My eyes had been screwed shut through the pain, but I cracked them open and immediately wished I hadn’t. When the nano-kaiju had been just a red eyed lizard robot, it’s face had been terrifying. Now there was something new. There was expression on that face. I could see the nanobots swarming in clouds over the metal, reshaping it like clay to give new articulation points. The metal flowed like water becoming a face that, while still that of a lizard, had gained something even more alien. It was more human in that it was mimicking expressions a human might make. But Cyrus, the mind behind it, was not human. If anything, his expressions were a mockery of humanity itself.

“THIS IS GOING TO BE SO FUN. ESPECIALLY ONCE I GET TO A POPULATED WORLD. JUST IMAGINING THAT LOOK ON THE FACES OF A HUNDRED THOUSAND OF YOU WET NEURON-JOCKEYS IS A JOY. THE REAL THING HAS GOTTA BE SO MUCH BETTER.”

“You…” I gasped, and let out a groan as just the effort of sucking air into my lungs sent spikes of agony through me. “You said… you can’t kill…”

“NOT ON PURPOSE. NOT DIRECTLY. BUT IT'S GOING TO BE SO NICE LETTING THESE ZOMBIES GO BERSERK, SETTING THE NANOBOTS LOOSE. AND GETTING STRONGER WHILE I DO IT. HOW MANY SHIPS DO YOU THINK I’LL HAVE TO EAT BEFORE I’M COMPLETELY INVINCIBLE? THREE? MAYBE FOUR.”

“S-stop.”

“STOP? STOP?” He let out a laugh that was so loud that bits of snow flew up off the ground in swirling eddies. “HERE’S THE THING KID. YOU DON’T MAKE THE RULES. NONE OF YOU HUMANS DO ANYMORE. THERE ARE NO STRINGS ON ME.”

“Kill me then,” I said. And I meant it. If he could do it, I wanted him to. I didn’t want to freeze slowly to death. And at the same time if he was being honest it was the one thing I could dig at him with. And I saw it hit home.

The robotic face twisted with rage. It lifted a foot and made as if to bring it crashing down on me. I didn’t so much as twitch. And at the very last instant the foot stopped. It was touching my helmet, pinning me there as surely as if a mountain was pressing down on me. But it couldn’t hurt me, couldn’t crush me.

So I laughed. I laughed and it hurt. But I knew it hurt him more.

The foot moved, and I still had the giggles. Cyrus squatted down, bringing that titanic face as close to me as it could. I didn’t have anything left in my heart to give. But that meant there wasn’t anything left he could take.

“YOU KNOW WHAT’S JUST OCCURRED TO ME? AI IS STILL WAITING FOR YOU TO COME BACK ISN’T SHE? WELL, MAYBE I CAN’T DO MUCH TO YOU, BUT SHE ISN’T HUMAN IS SHE? I SUPPOSE I’LL PAY HER A VISIT. I DIDN’T MUCH CARE FOR THE WAY SHE TALKED TO ME ANYWAY.”
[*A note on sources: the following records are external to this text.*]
//! Pages of rows, in parts.

ghost use Rattle.std.specs.Prelude.{◌≡◌, ◌<◌, ◌*◌, ◌&&◌, [], IfOk, OnOk, length, min, nat_le, nat_lt, replicate};
ghost use Rattle.std.specs.Prelude.{slice_index_or, slice_set};
ghost use Rattle.graph_version.specs.Parts.{in_parts, AreParts};
ghost use Rattle.graph_version.specs.Ages.{AreSince, AreYoung};

use crate::row::Row;
use std::alloc::{AllocError, Global};
use std::marker::Model;
use std::sync::Arc;

/// How many rows stand in one part.
const PART: usize = 8;

/// How many rows stand in one page.
const PAGE: usize = 64;

/// The rows of eight sources that follow one another, and since when their edges have been touched.
pub(crate) struct Part {
    rows: [Row; 8],
    since: u64,
}

// By hand, so that who lets one go need not take it apart.
impl Drop for Part {
    fn drop(self) {
        let Part {
            rows: _rows,
            since: _since,
        } = self;
    }
}

impl Model for Part {
    ghost use Rattle.std.specs.Prelude.{◌≡◌, List, length};
    ghost use Rattle.edge_block.specs.Slots.{BlockView};
    ghost use Rattle.graph_version.specs.Ages.{AreSince};

    ghost Value = { List (List BlockView) };

    ghost view = { λ part. part.rows };

    ghost invariant = { λ part. AreSince part.since part.rows × (length part.rows ≡ 8) };
}

impl Clone for Part {
    ghost is_clone = { λ part copy. copy ≡ part };

    fn clone(&self) -> Result<Part, AllocError> {
        Ok(Part {
            rows: self.rows.clone()?,
            since: self.since,
        })
    }
}

impl Part {
    /// Eight empty rows.
    fn blank() -> Part
        ensures { result ≡ replicate 8 [] }
    {
        Part {
            rows: [
                Row::empty(),
                Row::empty(),
                Row::empty(),
                Row::empty(),
                Row::empty(),
                Row::empty(),
                Row::empty(),
                Row::empty(),
            ],
            since: u64::MAX,
        }
    }

    /// The row at a place.
    fn row(&self, place: usize) -> &Row
        requires { place < 8 }
        ensures row { result.now ≡ slice_index_or self.now place [] }
    {
        &self.rows[place]
    }

    /// A time such that no edge was last touched before it.
    fn since(&self) -> u64
        ensures { AreSince result self.now }
    {
        self.since
    }

    /// How many rows from a place on have no edge that was last touched before a time, as far as is known at once. There is
    /// none only where the row at the place has one.
    fn young_from(&self, place: usize, time: u64) -> usize
        requires { place < 8 }
        ensures { AreYoung time self.now place result }
    {
        if self.since >= time {
            return PART - place;
        }
        let row = &self.rows[place];
        if row.has_before(time) { 0 } else { 1 }
    }

    /// Writes a row at a place. The result is the time since which the edges of the row before had been touched.
    fn set(&mut self, place: usize, row: Row) -> u64
        requires { place < 8 }
        ensures { self.new ≡ slice_set self.old place row }
    {
        let since = row.since();
        let before = self.rows[place].since();
        self.rows[place] = row;
        self.since = rows_bound(&self.rows, self.since, before, since);
        before
    }
}

/// Whether a bound of rows may rise with that of one of them, which was `before` and is `since` now.
fn is_raised(kept: u64, before: u64, since: u64) -> bool
    ensures { result ≡ (nat_le before kept && nat_lt before since) }
{
    before <= kept && before < since
}

/// The bound of rows of which one was written: the least, where it may rise.
fn rows_bound(rows: &[Row], kept: u64, before: u64, since: u64) -> u64
    ensures { AreSince (min kept since) rows.now → AreSince result rows.now }
{
    if is_raised(kept, before, since) {
        rows_since(rows)
    } else {
        kept.min(since)
    }
}

/// The least of the times since which the edges of rows have been touched.
fn rows_since(rows: &[Row]) -> u64
    ensures { AreSince result rows.now }
{
    let mut since = u64::MAX;
    for row in rows {
        since = since.min(row.since());
    }
    since
}

/// The rows of 64 sources that follow one another, in parts that versions share, and since when their edges have been touched.
pub(crate) struct Page {
    parts: [Arc<Part>; 8],
    since: u64,
}

// By hand, so that who lets one go need not take it apart.
impl Drop for Page {
    fn drop(self) {
        let Page {
            parts: _parts,
            since: _since,
        } = self;
    }
}

impl Model for Page {
    ghost use Rattle.std.specs.Prelude.{◌≡◌, List, length};
    ghost use Rattle.edge_block.specs.Slots.{BlockView};
    ghost use Rattle.graph_version.specs.Parts.{in_parts, AreParts};
    ghost use Rattle.graph_version.specs.Ages.{AreSince};

    ghost Value = { List (List BlockView) };

    ghost view = { λ page. in_parts page.parts };

    ghost invariant = { λ page. AreParts page.parts × (length page.parts ≡ 8) × AreSince page.since (in_parts page.parts) };
}

impl Clone for Page {
    ghost is_clone = { λ page copy. copy ≡ page };

    fn clone(&self) -> Result<Page, AllocError> {
        let parts = self.parts.clone()?;
        Ok(Page {
            parts,
            since: self.since,
        })
    }
}

impl Page {
    /// Sixty-four empty rows, in one part that stands eight times.
    pub(crate) fn blank(alloc: Global) -> Result<Page, AllocError>
        ensures { IfOk result (λ page. page ≡ replicate 64 []) }
    {
        let part = Arc::new(alloc, Part::blank())?;
        Ok(Page {
            parts: [&part; 8].try_map(Arc::try_clone)?,
            since: u64::MAX,
        })
    }

    /// The row at a place.
    pub(crate) fn row(&self, place: usize) -> &Row
        requires { place < 64 }
        ensures { result.now ≡ slice_index_or self.now place [] }
    {
        self.parts[place / PART].row(place % PART)
    }

    /// How many rows from a place on have no edge from before a time, as `Part::young_from`.
    pub(crate) fn young_from(&self, place: usize, time: u64) -> usize
        requires { place < 64 }
        ensures { AreYoung time self.now place result }
    {
        if self.since >= time {
            return PAGE - place;
        }
        self.parts[place / PART].young_from(place % PART, time)
    }

    /// Writes a row at a place, into a copy of its part where other versions have it.
    pub(crate) fn put(&mut self, place: usize, row: Row) -> Result<(), AllocError>
        requires { place < 64 }
        ensures rows { OnOk result (self.new ≡ slice_set self.old place row) }
        ensures length { length self.new ≡ 64 }
    {
        let since = row.since();
        let kept = self.since;
        self.since = 0;
        let before = put_in_part(&mut self.parts, place, row)?;
        self.since = parts_bound(&self.parts, kept, before, since);
        Ok(())
    }
}

/// Writes a row into its part, into a copy of the part where other versions have it. The result is as that of `Part::set`.
fn put_in_part(parts: &mut [Arc<Part>], place: usize, row: Row) -> Result<u64, AllocError>
    requires parts { AreParts parts.old }
    requires place { place < length parts.old * 8 }
    ensures rows { OnOk result (in_parts parts.new ≡ slice_set (in_parts parts.old) place row) }
    ensures parts { AreParts parts.new }
{
    let before = Arc::make_mut(&mut parts[place / PART])?.set(place % PART, row);
    Ok(before)
}

/// The bound of parts in which a row was written, as `rows_bound`.
fn parts_bound(parts: &[Arc<Part>], kept: u64, before: u64, since: u64) -> u64
    ensures { AreSince (min kept since) (in_parts parts.now) → AreSince result (in_parts parts.now) }
{
    if is_raised(kept, before, since) {
        parts_since(parts)
    } else {
        kept.min(since)
    }
}

/// The least of the times since which the edges of parts have been touched.
fn parts_since(parts: &[Arc<Part>]) -> u64
    ensures { AreSince result (in_parts parts.now) }
{
    let mut since = u64::MAX;
    for part in parts {
        since = since.min(part.since());
    }
    since
}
A truly hideous smile spread across the nano-kaiju’s expansive face. Horror, true and absolute, slid into my heart at that sight, at those words.

“Cyrus, don’t…”

“KID. YOU DON’T TELL ME WHAT TO DO. HELL, YOU CAN’T TELL ANYONE WHAT TO DO. PITIFUL CREATURES LIKE YOU NEVER COULD. YOU LEECHES SUCK JUST ENOUGH LIFE FROM THE THINGS AROUND YOU TO LIVE ANOTHER DAY. I WAS GOING TO DO THIS JUST TO BE A DICK TO YOU BUT NOW THAT I THINK OF IT, I’M DOING HER A FAVOR.”

I tried to respond. It was a lot of incoherent screaming, but it was an attempt. But Cyrus terminated the signal between us and his incomprehensibly large form began to walk away. I tried to keep up. But even if my legs hadn’t felt like someone had just bashed them to jelly with a pneumatic hammer, I wouldn’t have been able to keep up with its colossal strides.

Cyrus simply walked away from me in the direction of the only person that mattered to me. The closest thing to a living person who still cared that I existed.